Now that we have Citigroup in liquidation mode, with further information coming tomorrow with Vikram Pandit set to release “earnings” with a projected $10B writedown, we can turn our attention to who is next.
It’s too close to call right now. Ken Lewis’ Bank of America is neck-and-neck with Jamie Dimon’s JPMorgan Chase.
Dimon released actual earnings today, 7 cents a share, which translates into 28 cents for a year and where would that put JPM’s stock price. JPM earned $1.37 for ’08. JPM also took a $2.9B writedown.
JPM would have taken a 28 cents loss for the quarter without closing a joint venture. Dimon mentions in the release that all the risk the bank took to bailout Bear Stearns have impacted the bank’s balance sheet.
Not to be outdone BofA came out yesterday and said it needs Uncle Sam to take most of the losses associated with its $19.4B buyout of Merrill Lynch.

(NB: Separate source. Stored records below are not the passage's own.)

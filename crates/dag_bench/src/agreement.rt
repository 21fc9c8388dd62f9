//! Built nodes against values found by other operations, on random nodes and inputs.

ghost use Rattle.std.specs.Prelude.{◌≤◌};

use axe_io::{Kind, OutPlace, Param, Shape};
use dag::{Dag, DagError, Node, NodeId};
use rewriter::{Charge, build};
use std::alloc::{AllocError, Global};
use std::process::Abort;
use std::test::Fail;

/// Numbers that look random, from a linear congruence modulo 2^64.
#[derive(Drop)]
struct Numbers {
    state: u64,
}

impl Numbers {
    fn next(&mut self) -> u64 {
        self.state = self
            .state
            .wrapping_mul(6_364_136_223_846_793_005)
            .wrapping_add(1_442_695_040_888_963_407);
        self.state ^ (self.state >> 29)
    }

    /// A number below a bound, 0 where the bound is 0.
    fn below(&mut self, bound: u32) -> u32 {
        (self.next() / 128 % u64::from(bound.max(1))) as u32
    }
}

/// 2 to a width of at most 64.
fn modulus(width: u32) -> u128
    ensures { 1 ≤ result }
{
    2u128.wrapping_pow(width.min(64)).max(1)
}

/// A number modulo 2 to a width.
fn cut(width: u32, number: u128) -> u64 {
    let rest = number % modulus(width);
    rest.min(u128::from(u64::MAX)) as u64
}

/// The size of a number as a signed one, and whether it is negative.
fn signed(width: u32, x: u64) -> (u128, bool) {
    let number = u128::from(cut(width, u128::from(x)));
    if number.wrapping_mul(2) >= modulus(width) {
        (modulus(width).wrapping_sub(number), true)
    } else {
        (number, false)
    }
}

/// Whether one number is less than another one as signed numbers.
fn is_less(width: u32, x: u64, y: u64) -> bool {
    match (signed(width, x), signed(width, y)) {
        ((a, true), (b, true)) => a > b,
        ((_, true), (_, false)) => true,
        ((_, false), (_, true)) => false,
        ((a, false), (b, false)) => a < b,
    }
}

/// A number of a width extended with its sign.
fn extended(width: u32, old: u32, x: u64) -> u64 {
    let (size, negative) = signed(old, x);
    if negative {
        cut(width, modulus(width).wrapping_sub(size))
    } else {
        cut(width, size)
    }
}

/// The sum of 2^i over the bits i at which a table of two bits has a 1.
fn bitwise(x: u64, y: u64, table: [u64; 4]) -> u64 {
    let mut sum = 0u64;
    for i in 0..64u32 {
        let place = (x >> i) % 2 * 2 + (y >> i) % 2;
        sum |= table[place as usize] << i;
    }
    sum
}

fn bit(holds: bool) -> u64 {
    if holds { 1 } else { 0 }
}

/// A width and a number.
type Sized = (u32, u64);

/// The value of a node of a width over children of these words.
fn expected(node: Node, width: u32, x: Sized, y: Sized, z: Sized) -> u64 {
    let (wx, x) = x;
    let (wy, y) = y;
    let wide_x = u128::from(x);
    let wide_y = u128::from(y);
    match node {
        Node::Leaf { .. } => x,
        Node::Const { value, .. } => value,
        Node::Not(_) => cut(width, modulus(width).wrapping_sub(1).wrapping_sub(wide_x)),
        Node::And(..) => bitwise(x, y, [0, 0, 0, 1]),
        Node::Or(..) => bitwise(x, y, [0, 1, 1, 1]),
        Node::Xor(..) => bitwise(x, y, [0, 1, 1, 0]),
        Node::Neg(_) => cut(width, modulus(width).wrapping_sub(wide_x)),
        Node::Plus(..) => cut(width, wide_x + wide_y),
        Node::Times(..) => cut(width, wide_x.wrapping_mul(wide_y)),
        Node::Eq(..) => bit(x <= y && y <= x),
        Node::Ult(..) => bit(!(y <= x)),
        Node::Slt(..) => bit(is_less(wx, x, y)),
        Node::Ite(..) => { if x == 0 { z.1 } else { y } }
        Node::Slice { low, .. } => cut(width, wide_x / modulus(low)),
        Node::Cat(..) => cut(width, wide_x.wrapping_mul(modulus(wy)).wrapping_add(wide_y)),
        Node::Sext { .. } => extended(width, wx, x),
        Node::Shl(..) => {
            if y >= u64::from(wx) {
                0
            } else {
                cut(width, wide_x.wrapping_mul(modulus(y.min(64) as u32)))
            }
        }
        Node::Shr(..) => {
            if y >= u64::from(wx) {
                0
            } else {
                cut(64, wide_x / modulus(y.min(64) as u32))
            }
        }
        Node::Udiv(..) => u64::checked_div(x, y).unwrap_or(0),
        Node::Urem(..) => u64::checked_rem(x, y).unwrap_or(x),
    }
}

/// A graph over two bytes, an int and a long.
fn begin(alloc: Global) -> Result<Dag, DagError> {
    let scalar = |kind: Kind| Param { kind, len: None };
    let params = Vec::from_slice(
        alloc,
        &[
            scalar(Kind::Byte),
            scalar(Kind::Byte),
            scalar(Kind::Int),
            scalar(Kind::Long),
        ],
    )?;
    let shape = Shape::of(params, OutPlace::Returned, Kind::Int, false);
    Dag::begin(alloc, 100_000, &shape)
}

/// A node that is chosen at random over those of a graph; it may not fit.
fn drawn(numbers: &mut Numbers, count: u32) -> Node {
    let a = NodeId(numbers.below(count));
    let b = NodeId(numbers.below(count));
    let c = NodeId(numbers.below(count));
    let width = [1, 3, 5, 8, 16, 24, 32, 64][(numbers.below(8) % 8) as usize];
    let low = numbers.below(32);
    let high = low.wrapping_add(numbers.below(16));
    match numbers.below(20) {
        0 => constant(numbers, width),
        1 => Node::Not(a),
        2 => Node::And(a, b),
        3 => Node::Or(a, b),
        4 => Node::Xor(a, b),
        5 => Node::Neg(a),
        6 => Node::Plus(a, b),
        7 => Node::Times(a, b),
        8 => Node::Eq(a, b),
        9 => Node::Ult(a, b),
        10 => Node::Slt(a, b),
        11 => Node::Ite(a, b, c),
        12 => Node::Slice { high, low, a },
        13 => Node::Cat(a, b),
        14 => Node::Sext { width, a },
        15 => Node::Shl(a, b),
        16 => Node::Shr(a, b),
        17 => Node::Udiv(a, b),
        18 => Node::Urem(a, b),
        _ => Node::Xor(a, a),
    }
}

/// A constant of a width: zero, one, all ones, a mask, or any other.
fn constant(numbers: &mut Numbers, width: u32) -> Node {
    let any = numbers.next();
    let number = match numbers.below(6) {
        0 => 0,
        1 => 1,
        2 => u64::MAX,
        3 => 255,
        4 => 1u64 << (any % 64),
        _ => any,
    };
    Node::Const {
        width,
        value: cut(width, u128::from(number)),
    }
}

/// The numbers of the leaves.
fn leaves(numbers: &mut Numbers) -> [u64; 4] {
    [
        numbers.next() % 256,
        numbers.next() % 256,
        numbers.next() % (1 << 32),
        numbers.next(),
    ]
}

fn word_at(dag: &Dag, values: &[u64], id: NodeId) -> Sized {
    let width = dag.width_at(id).unwrap_or(1);
    let value = values.get(id.0 as usize).copied().unwrap_or(0);
    (width, value)
}

/// The value of a node over those of a graph that have these values.
fn value_of(dag: &Dag, values: &[u64], leaves: &[u64; 4], node: Node) -> u64 {
    let ids = node.children().ids;
    let width = dag.width_of(node).unwrap_or(1);
    let first = match node {
        Node::Leaf { index, width } => { (width, leaves.get(index as usize).copied().unwrap_or(0)) }
        _ => word_at(dag, values, ids[0]),
    };
    let second = word_at(dag, values, ids[1]);
    let third = word_at(dag, values, ids[2]);
    expected(node, width, first, second, third)
}

/// Adds the values of the nodes from a place on.
fn extend(
    dag: &Dag,
    values: &mut Vec<u64>,
    leaves: &[u64; 4],
    from: u32,
) -> Result<(), AllocError> {
    for place in from..dag.len() {
        if let Some(node) = dag.node_at(NodeId(place)) {
            let value = value_of(dag, values, leaves, node);
            values.push(value)?;
        }
    }
    Ok(())
}

/// How many nodes each graph is asked for, and how many graphs there are.
const NODES: u32 = 120;

const GRAPHS: u32 = 100;

#[test]
fn built_nodes_have_the_expected_values(rt: HostRuntime) -> Result<(), Fail> {
    let mut numbers = Numbers { state: 1 };
    let mut replaced = 0u32;
    for _ in 0..GRAPHS {
        let mut dag = begin(rt.alloc())?;
        let mut charge = Charge { added: 0, units: 0 };
        for (index, width) in [8, 8, 32, 64].iter().enumerate() {
            let leaf = Node::Leaf {
                width: *width,
                index: index as u32,
            };
            assert!(rt; dag.fits(leaf), "a leaf of the shape");
            build(&mut dag, leaf, &mut charge)?;
        }
        let leaves = leaves(&mut numbers);
        let mut values = Vec::new(rt.alloc());
        extend(&dag, &mut values, &leaves, 0)?;
        for _ in 0..NODES {
            let count = dag.len();
            let node = drawn(&mut numbers, count);
            if !dag.fits(node) {
                continue;
            }
            let want = value_of(&dag, &values, &leaves, node);
            let id = build(&mut dag, node, &mut charge)?;
            extend(&dag, &mut values, &leaves, count)?;
            assert_eq!(rt; word_at(&dag, &values, id).1, want, "{node:?}");
            if dag.node_at(id) != Some(node) {
                replaced = replaced.wrapping_add(1);
            }
        }
    }
    assert!(rt; replaced > 1000, "rules applied {replaced} times");
    Ok(())
}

Lewis was said to be balking about closing the deal last month, but Treasury told him to close the deal and we will back you up, because the alternative was much more dire for the financial markets.
BofA’s earnings call is scheduled for Jan. 20th with the bank set to announce its first losing quarter in 17 years. Treasury will probably absorb some losses on Merrill’s assets and place a cap the bank’s liability aka JPM’s deal for Bear.
BofA’s biggest concern in my view is the liabilities on Countrywide – the subprime slime generator – and its position of passing along the costs to bondholders.
If the Countrywide bondholders file a class action suit and win, which is highly likely, this hit to the balance sheet could take BofA under.
So who will take second place in the Dash to the Crash? Not sure but both should arrive at the finish line by July of ’09.
New Marshall Plan
European countries are teetering on the brink of default on their sovereign debt issues. Ireland, Greece, Portugal, Spain, Italy and Slovenia all have rising risk on defaulting on their debt obligations and the added costs of generating new debt.
Credit default swaps have risen from 20 percent to 70 percent on these countries in the last quarter, showing the growing risk seen on these smaller EU countries.
The ECB is scheduled to lower its prime-lending rate to 2 percent today in an attempt to bolster the euro zone. Many see the ECB as being so far behind the curve in the race to zero interest rates that its inflation-focused policy needs to be abandoned.
As I said in my 2009 preview, the euro will be under tremendous pressure this year and I would not be surprised to see Germany making noise about moving out of the troubled currency as it moves toward a more nationalistic posture to keep its economy from cratering.
Just yesterday, China surpassed Germany to become the No.3 global economy.
With trade wars escalating through ’09, Germany will need to have more control over its currency as China, Russia and other developed countries devalue their currency to add stimulus to their manufacturing and bolster trade balances.
See you tomorrow for Citi’s earnings or lack thereof.